Het hof stelt voorop dat publiekrechtelijke rechtspersonen, zoals gemeenten, niet onder alle omstandigheden vervolgbaar zijn. Kort gezegd is van een dergelijke onmogelijkheid sprake indien er exclusieve overheidtaken worden uitgeoefend. Is daarvan sprake dan is vervolging ook uitgesloten van ambtenaren en arbeidscontractanten in dienst van die rechtspersoon indien deze ter uitvoering van hun bestuurstaak feitelijk leiding of opdracht hebben gegeven. Er is dan sprake van strafrechtelijke immuniteit.
Het hof stelt voorts voorop dat geschillen van bestuursrechtelijke aard tussen overheden en/of gezagsdragers en/of ambtenaren enerzijds en de burger anderzijds als regel via een eigen rechtsgang dienen te worden beslecht. Hetzelfde geldt – mutatis mutandis – voor geschillen die overwegend van civiele aard zijn. Voor een strafrechtelijke interventie is in die gevallen geen plaats.

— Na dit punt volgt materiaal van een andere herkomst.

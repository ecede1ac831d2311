// The operators by their words.
ghost use Rattle.std.specs.Prelude.{◌≡◌};
ghost use Rattle.query_text_dm.specs.Words.{operator_named};

use value_dm::Text;

/// What a query is made by.
#[derive(Clone, Copy, Debug, Drop)]
pub(crate) enum Operator {
    Table,
    Null,
    Eq,
    Ne,
    IsNull,
    NotNull,
    Project,
    Rename,
    Join,
    Union,
    Diff,
}

/// The operator with this word.
pub(crate) fn operator_named(name: &Text) -> Option<Operator>
    ensures { result ≡ operator_named name.now }
{
    let word = name.as_str();
    if word == "table" {
        Some(Operator::Table)
    } else if word == "null" {
        Some(Operator::Null)
    } else if word == "eq" {
        Some(Operator::Eq)
    } else if word == "ne" {
        Some(Operator::Ne)
    } else if word == "isnull" {
        Some(Operator::IsNull)
    } else if word == "notnull" {
        Some(Operator::NotNull)
    } else if word == "project" {
        Some(Operator::Project)
    } else if word == "rename" {
        Some(Operator::Rename)
    } else if word == "join" {
        Some(Operator::Join)
    } else if word == "union" {
        Some(Operator::Union)
    } else if word == "diff" {
        Some(Operator::Diff)
    } else {
        None
    }
}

De enkele omstandigheid dat een overheidsfunctionaris c.q. een overheidsorgaan gebruik maakt van de bestuurlijke bevoegdheid om een dwangsom op te leggen, betekent niet zonder meer dat bij een geschil over deze dwangsom de betwiste handeling strafrechtelijk als afpersing geduid kan worden. Voor zover klaagster eraan twijfelt of die bestuurlijke handeling bevoegd is geschied dan wel naar oordeel van klaagster redelijkerwijs niet opgelegd had mogen worden, is de beoordeling daarvan het exclusieve domein van de bestuursrechter.